* **Records shown**:

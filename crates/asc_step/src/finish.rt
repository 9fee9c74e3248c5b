//! Doing what an effect asks for: all its tests, then all its reads, then all its puts.
ghost use Rattle.std.specs.Prelude.{◌≡◌, true, ◌<◌, ◌≤◌, ℕ, [], ◌∷◌, length};
ghost use Rattle.asc_model.specs.Machine.{Pc, Register};
ghost use Rattle.asc_model.specs.Arithmetic.{◌+w◌};
ghost use Rattle.asc_model.specs.Places.{places_from};
ghost use Rattle.asc_shape.specs.Face.{room_of, untouched_count};
ghost use Rattle.asc_shape.specs.Settled.{unwritten_count};
ghost use Rattle.asc_model.specs.Effect.{Set, Load, Store, Jump, LoadReserved, StoreConditional, Modify};
ghost use Rattle.asc_model.specs.declared.version.Version.TheVariants.{Two};
ghost use Rattle.asc_model.specs.declared.fault.FaultKind.TheVariants.{AtomicMisaligned};
ghost use Rattle.asc_step.specs.Effect.{bytes_in, changed, model_effect};
ghost use Rattle.asc_step.specs.Execute.{AtInstruction, Finishes, IsOfVersion, Puts, PutsSettled, word_fault};

use crate::Stepped;
use crate::arithmetic::one_if;
use crate::effect::{Amo, Effect, Size, changed, loaded_word};
use crate::faults::{fault, holds, is_aligned, word_fault};
use crate::places::{
    is_reserved, put_number, read_number, read_word, release, reserve, set_pc, set_register,
};
use asc_model::FaultKind;
use asc_shape::{Shape, Words};

/// Carries out the effect of the instruction at this pc. The pc and the destination are written where `SETTLED` says so.
#[inline(always)]
pub(crate) fn finish<B: Words, const SETTLED: bool>(
    bytes: &mut B,
    shape: Shape,
    pc: u32,
    rd: u8,
    effect: Effect,
) -> Stepped
    requires shape { shape ≡ (B.face bytes.old).state.shape }
    requires rd { rd < 32 }
    requires at { AtInstruction (B.face bytes.old) pc }
    requires version { IsOfVersion (B.face bytes.old).state.shape.version (model_effect effect) }
    requires settled { PutsSettled SETTLED (B.face bytes.old).marks rd }
    requires room { 14 ≤ room_of (B.face bytes.old).marks }
    ensures { Finishes (B.face bytes.old) (B.face bytes.new) rd (model_effect effect) result }
{
    match effect {
        Effect::Set(value) => set::<B, SETTLED>(bytes, pc, rd, value),
        Effect::Load {
            size,
            signed,
            address,
        } => load::<B, SETTLED>(bytes, shape, pc, rd, size, signed, address),
        Effect::Store {
            size,
            address,
            value,
        } => store::<B, SETTLED>(bytes, shape, pc, size, address, value),
        Effect::Jump(target) => jump::<B, SETTLED>(bytes, pc, rd, target),
        Effect::LoadReserved(address) => load_reserved::<B, SETTLED>(bytes, shape, pc, rd, address),
        Effect::StoreConditional { address, value } => {
            store_conditional::<B, SETTLED>(bytes, shape, pc, rd, address, value)
        }
        Effect::Modify {
            amo,
            address,
            value,
        } => modify::<B, SETTLED>(bytes, shape, pc, rd, amo, address, value),
        Effect::GuestCall => Stepped::Call,
        Effect::Breakpoint => fault(FaultKind::Break, pc, 0),
    }
}

/// Goes on behind the instruction, with a value in its destination.
#[inline(always)]
fn go_on<B: Words, const SETTLED: bool>(bytes: &mut B, pc: u32, rd: u8, value: u32)
    requires rd { rd < 32 }
    requires length { 128 ≤ length (B.face bytes.old).state.bytes }
    requires touched { untouched_count (B.face bytes.old).marks (places_from 0 4) ≡ 0 }
    requires settled { PutsSettled SETTLED (B.face bytes.old).marks rd }
    requires room { 4 ≤ room_of (B.face bytes.old).marks }
    ensures { Puts (B.face bytes.old) (B.face bytes.new) (Pc (pc +w 4) ∷ Register rd value ∷ []) }
{
    set_pc::<B, SETTLED>(bytes, pc.wrapping_add(4));
    set_register::<B, SETTLED>(bytes, rd, value);
}

#[inline(always)]
fn set<B: Words, const SETTLED: bool>(bytes: &mut B, pc: u32, rd: u8, value: u32) -> Stepped
    requires rd { rd < 32 }
    requires at { AtInstruction (B.face bytes.old) pc }
    requires settled { PutsSettled SETTLED (B.face bytes.old).marks rd }
    requires room { 14 ≤ room_of (B.face bytes.old).marks }
    ensures { Finishes (B.face bytes.old) (B.face bytes.new) rd (Set value) result }
{
    go_on::<B, SETTLED>(bytes, pc, rd, value);
    Stepped::Went
}

#[inline(always)]
fn load<B: Words, const SETTLED: bool>(
    bytes: &mut B,
    shape: Shape,
    pc: u32,
    rd: u8,
    size: Size,
    signed: bool,
    address: u32,
) -> Stepped
    requires shape { shape ≡ (B.face bytes.old).state.shape }
    requires rd { rd < 32 }
    requires at { AtInstruction (B.face bytes.old) pc }
    requires settled { PutsSettled SETTLED (B.face bytes.old).marks rd }
    requires room { 14 ≤ room_of (B.face bytes.old).marks }
    ensures { Finishes (B.face bytes.old) (B.face bytes.new) rd
        (Load (bytes_in size) signed address) result }
{
    // That its state is one, and its marks fit it.
    let _ = bytes.shape();
    if !holds(shape, address, size.bytes()) {
        return fault(FaultKind::LoadOutside, pc, address);
    }
    let number = read_number(bytes, shape.place_of(address), size);
    go_on::<B, SETTLED>(bytes, pc, rd, loaded_word(size, signed, number));
    Stepped::Went
}

#[inline(always)]
fn store<B: Words, const SETTLED: bool>(
    bytes: &mut B,
    shape: Shape,
    pc: u32,
    size: Size,
    address: u32,
    value: u32,
) -> Stepped
    requires shape { shape ≡ (B.face bytes.old).state.shape }
    requires at { AtInstruction (B.face bytes.old) pc }
    requires settled { SETTLED ≡ true → unwritten_count (B.face bytes.old).marks (places_from 0 4) ≡ 0 }
    requires room { 14 ≤ room_of (B.face bytes.old).marks }
    ensures { (rd : ℕ) → Finishes (B.face bytes.old) (B.face bytes.new) rd
        (Store (bytes_in size) address value) result }
{
    // That its state is one, and its marks fit it.
    let _ = bytes.shape();
    if !holds(shape, address, size.bytes()) {
        return fault(FaultKind::StoreOutside, pc, address);
    }
    set_pc::<B, SETTLED>(bytes, pc.wrapping_add(4));
    put_number(bytes, shape.place_of(address), size, value);
    Stepped::Went
}

#[inline(always)]
fn jump<B: Words, const SETTLED: bool>(bytes: &mut B, pc: u32, rd: u8, target: u32) -> Stepped
    requires rd { rd < 32 }
    requires at { AtInstruction (B.face bytes.old) pc }
    requires settled { PutsSettled SETTLED (B.face bytes.old).marks rd }
    requires room { 14 ≤ room_of (B.face bytes.old).marks }
    ensures { Finishes (B.face bytes.old) (B.face bytes.new) rd (Jump target) result }
{
    if !is_aligned(target) {
        return fault(FaultKind::Misaligned, pc, target);
    }
    set_pc::<B, SETTLED>(bytes, target);
    set_register::<B, SETTLED>(bytes, rd, pc.wrapping_add(4));
    Stepped::Went
}

/// Why an atomic cannot act on the word at an address.
#[inline(always)]
fn atomic_fault(shape: Shape, address: u32, outside: FaultKind) -> Option<FaultKind>
    ensures { result ≡ word_fault shape address AtomicMisaligned outside }
{
    word_fault(shape, address, FaultKind::AtomicMisaligned, outside)
}

#[inline(always)]
fn load_reserved<B: Words, const SETTLED: bool>(
    bytes: &mut B,
    shape: Shape,
    pc: u32,
    rd: u8,
    address: u32,
) -> Stepped
    requires shape { shape ≡ (B.face bytes.old).state.shape }
    requires rd { rd < 32 }
    requires at { AtInstruction (B.face bytes.old) pc }
    requires settled { PutsSettled SETTLED (B.face bytes.old).marks rd }
    requires room { 14 ≤ room_of (B.face bytes.old).marks }
    ensures { Finishes (B.face bytes.old) (B.face bytes.new) rd (LoadReserved address) result }
{
    // That its state is one, and its marks fit it.
    let _ = bytes.shape();
    if let Some(kind) = atomic_fault(shape, address, FaultKind::LoadOutside) {
        return fault(kind, pc, address);
    }
    let old = read_word(bytes, shape.place_of(address));
    go_on::<B, SETTLED>(bytes, pc, rd, old);
    reserve(bytes, address);
    Stepped::Went
}

#[inline(always)]
fn store_conditional<B: Words, const SETTLED: bool>(
    bytes: &mut B,
    shape: Shape,
    pc: u32,
    rd: u8,
    address: u32,
    value: u32,
) -> Stepped
    requires shape { shape ≡ (B.face bytes.old).state.shape }
    requires rd { rd < 32 }
    requires at { AtInstruction (B.face bytes.old) pc }
    requires settled { PutsSettled SETTLED (B.face bytes.old).marks rd }
    requires version { (B.face bytes.old).state.shape.version ≡ Two }
    requires room { 14 ≤ room_of (B.face bytes.old).marks }
    ensures { Finishes (B.face bytes.old) (B.face bytes.new) rd
        (StoreConditional address value) result }
{
    // That its state is one, and its marks fit it.
    let _ = bytes.shape();
    if let Some(kind) = atomic_fault(shape, address, FaultKind::StoreOutside) {
        return fault(kind, pc, address);
    }
    let reserved = is_reserved(bytes, address);
    go_on::<B, SETTLED>(bytes, pc, rd, one_if(!reserved));
    release(bytes);
    if reserved {
        bytes.put_word(shape.place_of(address), value);
    }
    Stepped::Went
}

#[inline(always)]
fn modify<B: Words, const SETTLED: bool>(
    bytes: &mut B,
    shape: Shape,
    pc: u32,
    rd: u8,
    amo: Amo,
    address: u32,
    value: u32,
) -> Stepped
    requires shape { shape ≡ (B.face bytes.old).state.shape }
    requires rd { rd < 32 }
    requires at { AtInstruction (B.face bytes.old) pc }
    requires settled { PutsSettled SETTLED (B.face bytes.old).marks rd }
    requires room { 14 ≤ room_of (B.face bytes.old).marks }
    ensures { Finishes (B.face bytes.old) (B.face bytes.new) rd
        (Modify address (λ old. changed amo old value)) result }
{
    // That its state is one, and its marks fit it.
    let _ = bytes.shape();
    if let Some(kind) = atomic_fault(shape, address, FaultKind::StoreOutside) {
        return fault(kind, pc, address);
    }
    let place = shape.place_of(address);
    let old = read_word(bytes, place);
    go_on::<B, SETTLED>(bytes, pc, rd, old);
    bytes.put_word(place, changed(amo, old, value));
    Stepped::Went
}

* **Required work**: All lines from the one that contains "let old = read_word(bytes, place);" through the end of the listing above should be copied exactly, with nothing else.

* **Result below**:
    let old = read_word(bytes, place);
    go_on::<B, SETTLED>(bytes, pc, rd, old);
    bytes.put_word(place, changed(amo, old, value));
    Stepped::Went
}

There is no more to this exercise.